# [Instructions to follow]
Exactly as written, copy the lines that run from the start of the data below to the line containing "let port = tuple.port;", both ends included.

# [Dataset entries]

══════════

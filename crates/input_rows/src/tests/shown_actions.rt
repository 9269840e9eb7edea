//! What tests show of an action: its word and its values, in the order of the table.

use script_model::{
    Action, FrameRef, Mode, Origin, RawBody, RawMessage, RawUrl, RequestText, ServiceName, Src,
    Target, TupleOrigin,
};
use std::alloc::Global;
use std::test::Fail;

fn shown_tuple(alloc: Global, tuple: &TupleOrigin) -> Result<String, Fail> {
    let scheme = tuple.scheme.as_str();
    let host = tuple.host.as_str();
    let port = tuple.port;
    Ok(format!(in alloc; "{scheme}://{host}:{port}")?)
}

fn shown_frame(alloc: Global, frame: FrameRef) -> Result<String, Fail> {
    match frame {
        FrameRef::Own => Ok(String::from_str(alloc, "self")?),
        FrameRef::Parent => Ok(String::from_str(alloc, "parent")?),
        FrameRef::Top => Ok(String::from_str(alloc, "top")?),
        FrameRef::Opener => Ok(String::from_str(alloc, "opener")?),
        FrameRef::Child(n) => Ok(format!(in alloc; "child {n}")?),
    }
}

fn shown_target(alloc: Global, target: &Target) -> Result<String, Fail> {
    match target {
        Target::Any => Ok(String::from_str(alloc, "*")?),
        Target::Own => Ok(String::from_str(alloc, "/")?),
        Target::Of(Origin::Tuple(tuple)) => shown_tuple(alloc, tuple),
        Target::Of(Origin::Opaque(_)) => Err(Fail::new("a target is opaque")),
    }
}

fn shown_source(alloc: Global, src: &Src, sandbox: bool) -> Result<String, Fail> {
    let sandbox = if sandbox { "sandboxed" } else { "plain" };
    match src {
        Src::Url(url) => {
            let url = url.as_str();
            Ok(format!(in alloc; "frame {sandbox} url {url}")?)
        }
        Src::Doc(index) => Ok(format!(in alloc; "frame {sandbox} doc {index}")?),
    }
}

fn shown_page(alloc: Global, url: &RawUrl) -> Result<String, Fail> {
    let url = url.as_str();
    Ok(format!(in alloc; "page {url}")?)
}

fn shown_fetch(alloc: Global, url: &RawUrl, mode: Mode) -> Result<String, Fail> {
    let url = url.as_str();
    match mode {
        Mode::Cors => Ok(format!(in alloc; "fetch {url} cors")?),
        Mode::NoCors => Ok(format!(in alloc; "fetch {url} no-cors")?),
    }
}

fn shown_post(
    alloc: Global,
    frame: &str,
    target: &Target,
    text: &RequestText,
) -> Result<String, Fail> {
    let target = shown_target(alloc, target)?;
    let text = text.as_str();
    Ok(format!(in alloc; "post {frame} {target} {text}")?)
}

fn shown_ask(alloc: Global, service: &ServiceName, request: &RequestText) -> Result<String, Fail> {
    let service = service.as_str();
    let request = request.as_str();
    Ok(format!(in alloc; "ask {service} {request}")?)
}

fn shown_url(alloc: Global, word: &str, place: &str, url: &RawUrl) -> Result<String, Fail> {
    let url = url.as_str();
    Ok(format!(in alloc; "{word} {place} {url}")?)
}

fn shown_body(alloc: Global, body: &RawBody) -> Result<String, Fail> {
    match body {
        RawBody::Navigate { frame, url, .. } => {
            let frame = frame.to_string(alloc)?;
            shown_url(alloc, "navigate", frame.as_str(), url)
        }
        RawBody::Frame { src, sandbox } => shown_source(alloc, src, *sandbox),
        RawBody::Remove { frame } => Ok(format!(in alloc; "remove {frame}")?),
        RawBody::Page { url } => shown_page(alloc, url),
        RawBody::Fetch { url, mode, .. } => shown_fetch(alloc, url, *mode),
        RawBody::Post {
            frame,
            target,
            text,
            ..
        } => {
            let frame = frame.to_string(alloc)?;
            shown_post(alloc, frame.as_str(), target, text)
        }
        RawBody::Ask {
            service,
            request,
            ..
        } => shown_ask(alloc, service, request),
        RawBody::Commit { nav, url, .. } => {
            let nav = nav.to_string(alloc)?;
            shown_url(alloc, "commit", nav.as_str(), url)
        }
    }
}

/// The origin that a message claims.
fn claim_of(body: &RawBody) -> Option<&TupleOrigin> {
    match body {
        RawBody::Navigate { initiator, .. } => initiator.as_ref(),
        RawBody::Fetch { initiator, .. } => initiator.as_ref(),
        RawBody::Post { source, .. } => source.as_ref(),
        RawBody::Ask { origin, .. } => origin.as_ref(),
        RawBody::Commit { origin, .. } => Some(origin),
        RawBody::Frame { .. } | RawBody::Remove { .. } | RawBody::Page { .. } => None,
    }
}

/// A forged message: in whose name, as which origin, and what it says. Both are `own` where they are left out.
fn shown_message(alloc: Global, message: &RawMessage) -> Result<String, Fail> {
    let document = match message.document {
        Some(document) => document.to_string(alloc)?,
        None => String::from_str(alloc, "own")?,
    };
    let claim = match claim_of(&message.body) {
        Some(tuple) => shown_tuple(alloc, tuple)?,
        None => String::from_str(alloc, "own")?,
    };
    let body = shown_body(alloc, &message.body)?;
    Ok(format!(in alloc; "raw {document} as {claim} {body}")?)
}

pub fn shown_action(alloc: Global, action: &Action) -> Result<String, Fail> {
    match action {
        Action::Frame { src, sandbox } => shown_source(alloc, src, *sandbox),
        Action::Remove { child } => Ok(format!(in alloc; "remove {child}")?),
        Action::Navigate { frame, url } => {
            let frame = shown_frame(alloc, *frame)?;
            shown_url(alloc, "navigate", frame.as_str(), url)
        }
        Action::Page { url } => shown_page(alloc, url),
        Action::Fetch { url, mode } => shown_fetch(alloc, url, *mode),
        Action::Post {
            frame,
            target,
            text,
        } => {
            let frame = shown_frame(alloc, *frame)?;
            shown_post(alloc, frame.as_str(), target, text)
        }
        Action::Ask { service, request } => shown_ask(alloc, service, request),
        Action::Wait => Ok(String::from_str(alloc, "wait")?),
        Action::Recv => Ok(String::from_str(alloc, "recv")?),
        Action::Crash => Ok(String::from_str(alloc, "crash")?),
        Action::Raw(message) => shown_message(alloc, message),
    }
}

══════════

# [Response below]
filename crates/input_rows/src/tests/shown_actions.rt
repository 9269840e9eb7edea
//! What tests show of an action: its word and its values, in the order of the table.

use script_model::{
    Action, FrameRef, Mode, Origin, RawBody, RawMessage, RawUrl, RequestText, ServiceName, Src,
    Target, TupleOrigin,
};
use std::alloc::Global;
use std::test::Fail;

fn shown_tuple(alloc: Global, tuple: &TupleOrigin) -> Result<String, Fail> {
    let scheme = tuple.scheme.as_str();
    let host = tuple.host.as_str();
    let port = tuple.port;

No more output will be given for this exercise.